From left, Joan Liu with students Roshan Poudel, Nilson Chapagain and Abhishek Kafle.
From left, Joan Liu with students Roshan Poudel, Nilson Chapagain and Abhishek Kafle.

Of 61 Nepalese students whose full scholarships to the University of Texas-Tyler were rescinded earlier this year after an "administrative error," 18 have not yet found places elsewhere.

"The window is closing. We might have a week left, for the United States at least," said Joan Liu, an adviser at United World College, an international high school in Singapore. "I think kids who have not been placed feel desperate."
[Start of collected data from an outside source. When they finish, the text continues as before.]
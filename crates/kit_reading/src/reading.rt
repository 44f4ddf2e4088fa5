//! Kits read from text, line by line, with the first fault.
ghost use Rattle.std.specs.Prelude.{◌≡◌, IfOk, Ok};
ghost use Rattle.byte_defs.specs.Reads.{Makes};
ghost use Rattle.kit_defs.specs.Kits as plain_kits;
ghost use Rattle.kit_defs.specs.Kits.{IsKit, kit_text};
ghost use Rattle.kit_defs.specs.KitReading as plain;
ghost use Rattle.kit_reading.specs.Faults.{fault_of};

use crate::faults::KitFault;
use crate::taking::take_line;
use kit_draft::Draft;
use kit_file::{Kit, Parts};
use std::alloc::Global;
use text_codec::Parts as Lines;

// Where all lines of a kit were read, the kit; else one is missing where this line would be.
#[tactic(auto, unfolding(kit_defs::specs::KitReading::finish))]
pub(crate) fn finish(number: usize, draft: Draft) -> Result<Parts, KitFault>
    ensures { Makes fault_of (λ parts. parts) result (plain.finish number draft) }
{
    if draft.is_unfinished() {
        return Err(KitFault::Missing { line: number });
    }
    let Some(scheme) = draft.scheme else {
        return Err(KitFault::Missing { line: number });
    };
    let Some(group) = draft.group else {
        return Err(KitFault::Missing { line: number });
    };
    Ok(Parts {
        scheme,
        group,
        roster: draft.roster,
        genesis: draft.genesis,
        ports: draft.ports,
        hosts: draft.hosts,
    })
}

// What the lines of the text say.
fn read_parts(alloc: Global, text: &[u8]) -> Result<Parts, KitFault>
    ensures { Makes fault_of (λ parts. parts) result (plain.kit_of text.now) }
{
    let mut draft = Draft::new(alloc)?;
    let mut lines = Lines::lines(text);
    let mut number = 1;
    'lines: while let Some(line) = lines.next() {
        if lines.is_done() {
            return if line.is_empty() {
                finish(number, draft)
            } else {
                Err(KitFault::Line { line: number })
            };
        }
        take_line(&mut draft, alloc, number, line)?;
        number += 1;
    }
    Err(KitFault::Line { line: number })
}

fn read(alloc: Global, text: &[u8]) -> Result<Kit, KitFault>
    ensures { Makes fault_of (λ kit. kit) result (plain.kit_of text.now) }
{
    let parts = read_parts(alloc, text)?;
    Ok(Kit::new(alloc, parts)?)
}

/// The kit that the text spells, all of it: the lines of a kit, and none after them. docs/FORMATS.md has the format.
///
/// # Errors
/// The first fault of the lines in their order; [`KitFault::NoMemory`] where memory for the kit or for one key's trees is refused.
pub fn read_kit(alloc: Global, text: &[u8]) -> Result<Kit, KitFault>
    // What is read is a kit, and the text is its spelling.
    ensures found { IfOk result (λ kit. IsKit kit) }
    ensures spelled { IfOk result (λ kit. text.now ≡ kit_text kit) }

    // A kit with this spelling is read, unless memory runs out.
    ensures only { (kit : plain_kits.Kit) → IsKit kit → text.now ≡ kit_text kit → Makes fault_of (λ k. k) result (Ok kit) }

    // A fault is that of the first line that has one.
    ensures exact { Makes fault_of (λ kit. kit) result (plain.kit_of text.now) }
{
    read(alloc, text)
}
In December, the students were invited to join the first class of "Presidential Fellows" at UTT and receive scholarships covering all their costs. Instead, four months after the students had accepted, paid fees and received the names of their roommates, UTT rescinded two-thirds of the scholarships in an "administrative error."

By that time in the admissions cycle, most of the students had declined offers from other schools because they had accepted UTT's offer.

Liu, with Brazil-based college counselor Emily Dobson and others, mobilized quickly after hearing of the students' plight in April. The educators used personal and professional connections to help the rejected students find other opportunities.

They spent hours online and on the phone seeking placements for the displaced students. Liu spearheaded the effort, working around the clock to help the students.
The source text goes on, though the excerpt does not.